# Help me save my shop!! Can I put this size duct into my trusses?



## thinktankgroup (Feb 2, 2018)

Hello, new member looking for some guidance. We have a design worked out but I wanted to verify before I call my sheet metal guy. There has been some back and forth as to whether this will actually work or not.

The back story-

This is for a shop that already has a low ceiling at about 15' (even lower if you consider the electrical buses etc...). We need to place the duct work in the trusses in order to maintain the best headroom. These bar trusses will allow a 14” spiral duct to pass and and I am able to get a 10' piece into the web easily so installation isn't a concern.

An old timer on the job is convinced that we need to do a single 20+” duct per bay that will absolutely not fit into the truss work. This translates into a 10-11 foot high ceiling after it passes under all of the electrical buses, fire suppression, etc... He is convinced that 14" diameter is far too small. The owner is understandably not pleased with that solution.

The shop is a simple 120' X 120' square building with 3 bays that are 40'X120'. The plan is to place 3 rooftop units and serve the space with 3 'H' shaped patterns. So HHH is the layout. We have two 5000 CFM units and one 6000 CFM unit. The placement is so that 2/3rds of the building is served by the lower half of the 'H' and 1/3rd by the upper half. I hope that makes sense.

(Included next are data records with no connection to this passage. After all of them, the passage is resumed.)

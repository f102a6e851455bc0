//! Places in a source: of its words, its blocks and its annotations.
use fit_code::Heap;
use sbx_asm::first_line;
use sbx_directives::{Directive, Name, Statement, label_count, read_statement};
use sbx_text::{Token, tokens};
use v8_syntax::length_of;

/// The number of the line of a cell, and the cell's location.
#[derive(Clone, Copy)]
pub struct CellLine {
    pub line: u32,
    pub location: u16,
}

/// A `.function` or a `.block`, and where the annotations behind it stand, up to the next one.
#[derive(Clone, Copy)]
pub struct Head {
    /// Its name, as a part of the source. It is of ASCII characters.
    pub name: Name,
    /// The number of its line.
    pub line: u32,
    /// The numbers of the lines of its last `.param`, `.result` and `.cell`; of its own, where it has none.
    pub last_param: u32,
    pub last_result: u32,
    pub last_cell: u32,
    /// Which of the source's cells is its first one, and which the next one behind its own.
    pub first_cell: usize,
    pub next_cell: usize,
    pub says_depth: bool,
    pub says_fuel: bool,
}

/// The lines of a source that has no fault, told by their numbers from 1.
#[derive(Drop)]
pub struct SourceLines {
    pub memory: Heap,
    /// Of each word of the code its line.
    pub words: Vec<u32>,
    /// Where its functions and their further blocks begin, in their order.
    pub heads: Vec<Head>,
    pub cells: Vec<CellLine>,
}

impl SourceLines {
    /// Begins a function or a block of a name.
    fn begin(&mut self, line: u32, name: Name) {
        let head = Head {
            name,
            line,
            last_param: line,
            last_result: line,
            last_cell: line,
            first_cell: self.cells.len(),
            next_cell: self.cells.len(),
            says_depth: false,
            says_fuel: false,
        };
        self.memory.push(&mut self.heads, head);
    }

    /// Takes over a line with so many bytes before it: a word, what begins a function or a block, or an annotation of
    /// the block that was begun last.
    fn add(&mut self, number: u32, before: usize, line: &[u8], tokens: &[Token]) {
        let rest = &tokens[2 * label_count(line, tokens)..];
        match read_statement(line, rest) {
            Statement::Instruction => {
                let count = self.words.len().saturating_add(length_of(line, rest));
                self.memory.take(self.words.resize(count, number));
            }
            Statement::Directive(Directive::Function { name, .. } | Directive::Block(name)) => {
                let start = before.saturating_add(name.start);
                let stop = before.saturating_add(name.stop);
                self.begin(number, Name { start, stop });
            }
            Statement::Directive(directive) => {
                if let Some(head) = self.heads.last_mut() {
                    match directive {
                        Directive::Param(_) => head.last_param = number,
                        Directive::Result(_) => head.last_result = number,
                        Directive::Depth(_) => head.says_depth = true,
                        Directive::Fuel(_) | Directive::Term(_) => head.says_fuel = true,
                        Directive::Cell(cell) => {
                            let (line, location) = (number, cell.location);
                            self.memory
                                .push(&mut self.cells, CellLine { line, location });
                            head.last_cell = line;
                            head.next_cell = self.cells.len();
                        }
                        _ => {}
                    }
                }
            }
            _ => {}
        }
    }

    /// Takes over the lines of a source that the assembler takes.
    pub fn add_lines(&mut self, source: &[u8]) {
        let mut rest = source;
        for number in 1..u32::MAX {
            if rest.is_empty() {
                break;
            }
            let (line, after) = first_line(rest);
            let before = source.len().saturating_sub(rest.len());
            match tokens(self.memory.alloc, line) {
                Ok(found) => self.add(number, before, line, found.as_slice()),
                Err(_refused) => self.memory.is_refused = true,
            }
            rest = after;
        }
    }
}
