use std::alloc::{AllocError, Global};
use std::collections::BTreeSet;

#[derive(Clone, Copy)]
pub enum Rule {
    FlushAll,
    Clock,
}

// What a policy should be: the live places, and for the clock its marks and its hand.
#[derive(Drop)]
pub struct PolicyModel {
    heap: Global,
    rule: Rule,
    live: BTreeSet<u8>,
    marks: BTreeSet<u8>,
    hand: u8,
}

impl PolicyModel {
    pub fn new(heap: Global, rule: Rule) -> PolicyModel {
        PolicyModel {
            heap,
            rule,
            live: BTreeSet::new(heap),
            marks: BTreeSet::new(heap),
            hand: 0,
        }
    }

    pub fn seat(&mut self, place: u8) -> Result<(), AllocError> {
        if place < 64 {
            self.live.insert(place)?;
            self.marks.insert(place)?;
        }
        Ok(())
    }

    pub fn drop_places(&mut self, places: &BTreeSet<u8>) {
        self.live.retain(|p| !places.contains(p));
    }

    pub fn touch(&mut self, places: &BTreeSet<u8>) -> Result<(), AllocError> {
        self.marks
            .extend(places.iter().copied().filter(|p| *p < 64))
    }

    pub fn choose(&mut self, held: Option<u8>) -> Result<BTreeSet<u8>, AllocError> {
        match self.rule {
            Rule::FlushAll => self.others(held),
            Rule::Clock => self.one_by_clock(held),
        }
    }

    fn others(&self, held: Option<u8>) -> Result<BTreeSet<u8>, AllocError> {
        self.live
            .iter()
            .copied()
            .filter(|p| held != Some(*p))
            .collect(self.heap)
    }

    // The nearest unmarked place upward from the hand and round, once the marks on the way are cleared;
    // if all are marked, the nearest place, once all their marks are cleared.
    fn one_by_clock(&mut self, held: Option<u8>) -> Result<BTreeSet<u8>, AllocError> {
        let others = self.others(held)?;
        let mut chosen = BTreeSet::new(self.heap);
        for _ in 0..2u8 {
            for d in 0..64u8 {
                let p = self.hand.wrapping_add(d) & 63;
                if others.contains(&p) && !self.marks.remove(&p) {
                    chosen.insert(p)?;
                    self.hand = p.wrapping_add(1) & 63;
                    return Ok(chosen);
                }
            }
        }
        Ok(chosen)
    }
}
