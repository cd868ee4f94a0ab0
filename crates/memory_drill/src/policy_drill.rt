use crate::chance::Chance;
use crate::policy_model::PolicyModel;
use crate::shelf_drill::as_place_set;
use memory::policy::Policy;
use sets::PlaceSet;
use std::alloc::{AllocError, Global};
use std::collections::BTreeSet;
use std::fmt;

// How many calls of each kind were made, and how many answers differed from the model's.
#[derive(Clone, Copy, Default)]
pub struct PolicyTally {
    seat: u32,
    drop: u32,
    touch: u32,
    choose: u32,
    differed: u32,
}

impl fmt::Display for PolicyTally {
    fn fmt<W: fmt::Write>(&self, f: &mut fmt::Formatter<W>) -> fmt::Result {
        let PolicyTally {
            seat,
            drop,
            touch,
            choose,
            differed,
        } = *self;
        write!(
            f,
            "{seat} seat, {drop} drop, {touch} touch, {choose} choose; {differed} differed"
        )
    }
}

fn same_places(set: PlaceSet, places: &BTreeSet<u8>) -> bool {
    (0..=255u8).all(|p| set.has(p) == places.contains(&p))
}

// A policy beside its model, and the calls that chance picks for both.
#[derive(Drop)]
struct PolicyDrill<P> {
    heap: Global,
    policy: P,
    model: PolicyModel,
    chance: Chance,
    tally: PolicyTally,
}

impl<P: Policy> PolicyDrill<P> {
    fn few_places(&mut self) -> Result<BTreeSet<u8>, AllocError> {
        let mut places = BTreeSet::new(self.heap);
        let n = self.chance.next() & 3;
        for _ in 0..n {
            places.insert(self.chance.place(64))?;
        }
        Ok(places)
    }

    fn seat(&mut self) -> Result<(), AllocError> {
        let place = self.chance.place(64);
        self.tally.seat = self.tally.seat.saturating_add(1);
        self.policy.seat(place);
        self.model.seat(place)
    }

    fn drop(&mut self, places: &BTreeSet<u8>) {
        self.tally.drop = self.tally.drop.saturating_add(1);
        self.policy.drop_places(as_place_set(places));
        self.model.drop_places(places);
    }

    fn touch(&mut self) -> Result<(), AllocError> {
        let places = self.few_places()?;
        self.tally.touch = self.tally.touch.saturating_add(1);
        self.policy.touch(as_place_set(&places));
        self.model.touch(&places)
    }

    fn choose(&mut self) -> Result<(), AllocError> {
        let held = if self.chance.rarely(4) {
            None
        } else {
            Some(self.chance.place(64))
        };
        self.tally.choose = self.tally.choose.saturating_add(1);
        let chosen = self.model.choose(held)?;
        if !same_places(self.policy.choose(held), &chosen) {
            self.tally.differed = self.tally.differed.saturating_add(1);
        }
        if self.chance.rarely(2) {
            self.drop(&chosen);
        }
        Ok(())
    }

    fn one_call(&mut self) -> Result<(), AllocError> {
        match self.chance.next() >> 16 & 7 {
            0..=2 => self.seat()?,
            3 => {
                let places = self.few_places()?;
                self.drop(&places);
            }
            4 => self.touch()?,
            _ => self.choose()?,
        }
        Ok(())
    }
}

pub fn drill_policy<P: Policy + Drop>(
    heap: Global,
    policy: P,
    model: PolicyModel,
    seed: u64,
) -> Result<PolicyTally, AllocError> {
    let mut drill = PolicyDrill {
        heap,
        policy,
        model,
        chance: Chance::new(seed),
        tally: PolicyTally::default(),
    };
    for _ in 0..4000u32 {
        drill.one_call()?;
    }
    Ok(drill.tally)
}
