// A fixed row of numbers that looks like chance: xorshift with three shifts.
#[derive(Clone, Copy)]
pub struct Chance {
    state: u64,
}

impl Chance {
    pub fn new(seed: u64) -> Chance {
        Chance {
            state: seed ^ 0x9e37_79b9_7f4a_7c15,
        }
    }

    pub fn next(&mut self) -> u64 {
        let mut x = self.state;
        x ^= x << 13;
        x ^= x >> 7;
        x ^= x << 17;
        self.state = x;
        x
    }

    // One time in `n`, n a power of two.
    pub fn rarely(&mut self, n: u64) -> bool {
        self.next() & n.saturating_sub(1) == 0
    }

    // A place: mostly one of the first so many, now and then any byte.
    pub fn place(&mut self, many: u8) -> u8 {
        let any = self.rarely(16);
        let x = self.next() >> 20 & 255;
        if any {
            x as u8
        } else {
            (x * many as u64 >> 8) as u8
        }
    }

    // A class: mostly a low one, now and then up to 511.
    pub fn class(&mut self) -> u16 {
        let any = self.rarely(8);
        let x = self.next() >> 20;
        if any {
            (x & 511) as u16
        } else {
            (x & 15) as u16
        }
    }
}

What I am hoping for is that we can do all of this with 14” duct and smaller. Obviously, the plenums will be much larger, but hopefully not when it crosses the trusses that are 80" OC. It can't sound like a jet engine but it doesn't need to be whisper quiet either. I just need as much vertical space as possible.

Our calculations show that for a 14” round duct should be fine for about 1500 CFM at a velocity of 1400 FPM. Our units put out a static pressure of 1.1.

My questions are:

Is this going to be too loud? Is there a solution we aren't thinking of? Do these calculations seem correct?


Thank you very much for any input!


----------